PURPOSE AND SUMMARY OF THE INVENTION

The purpose of the present invention is to provide a rotatable stand being able to carry a large and heavy solar collector unit and being able to withstand the forces arisen in connection with though weather. Further the purpose is to provide a stand, which is simple, robust, have few components and is inexpensive to manufacture.

This purpose is achieved with the stand as mentioned in the introduction, which is characterised in that it comprises a bearing unit arranged such that the framework is rotatably mounted in relation to the shaft element, wherein the bearing unit is fixed from two sides in relation to the framework. With fixed from two sides is intended that the bearing unit is fixed against the framework from two substantially opposite sides. With such a construction there is at least one supporting point arranged on each of the two opposite sides of the shaft element in each of the two axial positions giving a distinct force allowance with symmetrically distributed forces from two oppositely supporting parts and a good transmittance of forces to the shaft element. Such a construction becomes both stiff and light and can be designed with few parts making the stand inexpensive to manufac- ture.

According to a preferred embodiment of the invention the framework is connected with the bearing unit in at least two substantially opposite sides of the shaft element. With advan- tage the framework comprises a first and a second part arranged on opposite sides of the shaft element and the first part of the framework is connected with one side of the bearing unit and the second part is connected with the other side of the bearing unit. In such a way a very stable construction with great ability to withstand torques is obtained.

According to a further preferred embodiment of the invention the bearing unit comprises two bearing members arranged at a distance from each other along the shaft element, wherein the shaft element is arranged to run through the bearing members and that the framework is fixedly connected with each of the bearing members on at least two substantially opposite sides of the shaft element. By arranging the bearing members at a distance from each other along the shaft element, a lever is created absorbing radial forces. In order for the load to be distributed there should be at least two bearing members arranged in separate positions along the shaft element.

According to a further preferred embodiment of the invention the bearing unit comprises two opposite, substantially planar sides and the framework is fixedly connected with said planar sides. These planar sides make it simple to attach the framework to the bearing unit and to achieve the correct angle between the different parts in the framework, facilitating the mounting of the stand. The planar surfaces constitute reference surfaces and facilitate manufacturing and mounting.

According to a further preferred embodiment of the invention the stand comprises a driving mechanism arranged to rotate the framework around the shaft element, the driving mechanism comprises a cam having a cam contour and a driving member arranged to cooperate with the cam contour, such that the cam and the driving member move in relation to each other. Such a driving mechanism occupies little space and may be integrated with the stand in a simple way. With advantage one of the cam and the driving member is arranged in connection with the framework and the other is arranged in connection with the shaft element.

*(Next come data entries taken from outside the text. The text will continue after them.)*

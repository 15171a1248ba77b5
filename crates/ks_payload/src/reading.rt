//! The fields of a payload, each read off the front of the bytes.
ghost use Rattle.std.specs.Prelude.{◌≡◌, MatchOption, option_map};
ghost use Rattle.ks_payload.specs.Payloads.{has_domain, has_project, has_trust, has_credential};
ghost use Rattle.ks_payload.specs.Readings.{take_number, take_bytes, take_hex_id, take_plain_id, take_id, take_if, last_kind, take_head, take_scope, take_expiry, take_audits, payload_of};

use crate::Payload;
use crate::hex_id::{is_hex_id, unpacked};
use crate::payload::VERSION;
use ks_base::Id;
use ks_base::limits::LAST_SECOND;

const DOMAIN: u8 = 1;

const PROJECT: u8 = 2;

const TRUST: u8 = 3;

const CREDENTIAL: u8 = 5;

/// The first version, whose last kind is that of a trust.
const OLD_VERSION: u8 = 1;

const MOST_METHODS: u8 = 15;

/// The ids that a payload of some kind is scoped to.
#[derive(Clone, Copy)]
struct Scope {
    domain: Option<Id>,
    project: Option<Id>,
    trust: Option<Id>,
    credential: Option<Id>,
}

/// The token's own audit id, and that of the first token of its chain.
#[derive(Clone, Copy)]
struct Audits<'a> {
    audit: &'a [u8; 16],
    chain: Option<&'a [u8; 16]>,
}

/// A byte from the least to the most.
fn take_number(bytes: &[u8], least: u8, most: u8) -> Option<(u8, &[u8])>
    ensures { MatchOption result (take_number least most bytes.now ≡ None)
        (λ found. take_number least most bytes.now ≡ Some (found.0, found.1.now)) }
{
    let Some((first, rest)) = bytes.split_first() else {
        return None;
    };
    if *first < least || *first > most {
        return None;
    }
    Some((*first, rest))
}

fn take_sixteen(bytes: &[u8]) -> Option<(&[u8; 16], &[u8])>
    ensures { MatchOption result (take_bytes 16 bytes.now ≡ None)
        (λ found. take_bytes 16 bytes.now ≡ Some (found.0.now, found.1.now)) }
{
    let Some((front, rest)) = bytes.split_first_chunk::<16>() else {
        return None;
    };
    Some((front, rest))
}

#[tactic(auto, unfolding(crate::specs::Readings::take_hex_id))]
fn take_hex_id(bytes: &[u8]) -> Option<(Id, &[u8])>
    ensures { MatchOption result (take_hex_id bytes.now ≡ None)
        (λ found. take_hex_id bytes.now ≡ Some (found.0, found.1.now)) }
{
    let Some((packed, rest)) = take_sixteen(bytes) else {
        return None;
    };
    Some((unpacked(packed), rest))
}

/// An id of this length that is not 32 lower hex digits.
fn take_plain_id(len: usize, bytes: &[u8]) -> Option<(Id, &[u8])>
    ensures { MatchOption result (take_plain_id len bytes.now ≡ None)
        (λ found. take_plain_id len bytes.now ≡ Some (found.0, found.1.now)) }
{
    let Some((text, rest)) = bytes.split_at_checked(len) else {
        return None;
    };
    if is_hex_id(text) {
        return None;
    }
    let Ok(id) = Id::read(text) else {
        return None;
    };
    Some((id, rest))
}

#[tactic(auto, unfolding(crate::specs::Readings::take_id))]
fn take_id(bytes: &[u8]) -> Option<(Id, &[u8])>
    ensures { MatchOption result (take_id bytes.now ≡ None)
        (λ found. take_id bytes.now ≡ Some (found.0, found.1.now)) }
{
    let Some((len, rest)) = bytes.split_first() else {
        return None;
    };
    if *len == 0 {
        return take_hex_id(rest);
    }
    take_plain_id(usize::from(*len), rest)
}

fn take_id_if(there: bool, bytes: &[u8]) -> Option<(Option<Id>, &[u8])>
    ensures { MatchOption result (take_if there take_id bytes.now ≡ None)
        (λ found. take_if there take_id bytes.now ≡ Some (found.0, found.1.now)) }
{
    if !there {
        return Some((None, bytes));
    }
    let Some((id, rest)) = take_id(bytes) else {
        return None;
    };
    Some((Some(id), rest))
}

fn take_sixteen_if(there: bool, bytes: &[u8]) -> Option<(Option<&[u8; 16]>, &[u8])>
    ensures { MatchOption result (take_if there (take_bytes 16) bytes.now ≡ None)
        (λ found. take_if there (take_bytes 16) bytes.now ≡ Some (option_map (λ id. id.now) found.0, found.1.now)) }
{
    if !there {
        return Some((None, bytes));
    }
    let Some((id, rest)) = take_sixteen(bytes) else {
        return None;
    };
    Some((Some(id), rest))
}

fn last_kind(version: u8) -> u8
    ensures { result ≡ last_kind version }
{
    if version == OLD_VERSION {
        TRUST
    } else {
        CREDENTIAL
    }
}

/// The kind and the methods, behind the version.
#[tactic(auto, unfolding(crate::specs::Readings::take_head))]
fn take_head(bytes: &[u8]) -> Option<((u8, u8), &[u8])>
    ensures { MatchOption result (take_head bytes.now ≡ None)
        (λ found. take_head bytes.now ≡ Some (found.0, found.1.now)) }
{
    let Some((version, rest)) = take_number(bytes, OLD_VERSION, VERSION) else {
        return None;
    };
    let Some((kind, rest)) = take_number(rest, 0, last_kind(version)) else {
        return None;
    };
    let Some((methods, rest)) = take_number(rest, 1, MOST_METHODS) else {
        return None;
    };
    Some(((kind, methods), rest))
}

#[tactic(auto, unfolding(crate::specs::Readings::take_scope))]
fn take_scope(kind: u8, bytes: &[u8]) -> Option<(Scope, &[u8])>
    ensures { MatchOption result (take_scope kind bytes.now ≡ None)
        (λ found. take_scope kind bytes.now ≡ Some ((found.0.domain, found.0.project, found.0.trust, found.0.credential), found.1.now)) }
{
    let Some((domain, rest)) = take_id_if(kind == DOMAIN, bytes) else {
        return None;
    };
    let has_project = kind == PROJECT || kind == TRUST || kind == CREDENTIAL;
    let Some((project, rest)) = take_id_if(has_project, rest) else {
        return None;
    };
    let Some((trust, rest)) = take_id_if(kind == TRUST, rest) else {
        return None;
    };
    let Some((credential, rest)) = take_id_if(kind == CREDENTIAL, rest) else {
        return None;
    };
    Some((
        Scope {
            domain,
            project,
            trust,
            credential,
        },
        rest,
    ))
}

fn take_expiry(bytes: &[u8]) -> Option<(u64, &[u8])>
    ensures { MatchOption result (take_expiry bytes.now ≡ None)
        (λ found. take_expiry bytes.now ≡ Some (found.0, found.1.now)) }
{
    let Some((field, rest)) = bytes.split_first_chunk::<8>() else {
        return None;
    };
    let expires = u64::from_be_bytes(*field);
    if expires > LAST_SECOND {
        return None;
    }
    Some((expires, rest))
}

#[tactic(auto, unfolding(crate::specs::Readings::take_audits))]
fn take_audits(bytes: &[u8]) -> Option<(Audits<'_>, &[u8])>
    ensures { MatchOption result (take_audits bytes.now ≡ None)
        (λ found. take_audits bytes.now ≡ Some ((found.0.audit.now, option_map (λ id. id.now) found.0.chain), found.1.now)) }
{
    let Some((count, rest)) = take_number(bytes, 1, 2) else {
        return None;
    };
    let Some((audit, rest)) = take_sixteen(rest) else {
        return None;
    };
    let Some((chain, rest)) = take_sixteen_if(count == 2, rest) else {
        return None;
    };
    Some((Audits { audit, chain }, rest))
}

/// The payload that all of the bytes spell.
#[tactic(auto, unfolding(crate::specs::Readings::payload_of, crate::specs::Readings::take_payload))]
pub fn read_payload(bytes: &[u8]) -> Option<Payload>
    ensures { result ≡ payload_of bytes.now }
{
    let Some(((kind, methods), rest)) = take_head(bytes) else {
        return None;
    };
    let Some((user, rest)) = take_id(rest) else {
        return None;
    };
    let Some((scope, rest)) = take_scope(kind, rest) else {
        return None;
    };
    let Some((expires, rest)) = take_expiry(rest) else {
        return None;
    };
    let Some((audits, rest)) = take_audits(rest) else {
        return None;
    };
    if !rest.is_empty() {
        return None;
    }
    let audit = *audits.audit;
    let chain = audits.chain.copied();
    Some(Payload {
        kind,
        methods,
        user,
        domain: scope.domain,
        project: scope.project,
        trust: scope.trust,
        expires,
        audit,
        chain,
        credential: scope.credential,
    })
}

In such a way the entire driving mechanism can be arranged on the stand and be surrounded by the same casing as the stand giving a compact stand.

According to a preferred embodiment of the invention the cam contour is shaped such that it limits the movement of the framework between two positions: one starting position and one stop position. Since the sun moves within a limited circle sector, it is sufficient for the rotational movement of the framework to also be limited within this sector. If the rotational movement is unlimited there may be problems with the cables to the rotation mechanism, which may become entangled or be pulled to pieces. A cam contour can in a simple way be shaped such that the rotational movement is limited between two positions without demanding any additional parts.

According to a further preferred embodiment of the invention the cam is arranged in connection with the shaft element and is adjustable in a relation to the shaft element, wherein said starting positions is adjustable in relation to the shaft element. In such a way it is easy to calibrate the movement of the stand in relation to the sun.

According to a further preferred embodiment of the invention the driving mechanism is formed such that the framework is rotated step wise around the shaft element. In such a way the control of the rotational movement is simplified and the gear change of the gear can be made smaller in comparison with if the driving mechanism were formed such that it performed a continuous movement. Another advantage is that the engine does not need to be continuously operational but can be run only at intervals.

According to a further preferred embodiment of the invention the driving mechanism comprises a driving unit arranged to gener- ate a rotating movement driving the driving member, wherein the driving unit is arranged on the framework and a cam is arranged in connection with the shaft element. On the framework there is a lot of space for arrangement of the driving unit, which thus in a simple way may be integrated with the framework. This gives a compact and robust stand. With advantage the cam is arranged radially in relation to the shaft element. A cam arranged in this way can withstand a high load. With advantage the cam contour is a Malteser contour. The Malteser contour is a well-tried cam contour shown to be advantageous in this application thanks to the driving member being moved between a number of distinct positions along the contour giving rise to the stepwise movement which is suitable in this application. The larger radial contour of the driving member also makes it possible for the mechanism to be locked in a resting position. A further advantage with a Malteser contour is that it is simple to produce.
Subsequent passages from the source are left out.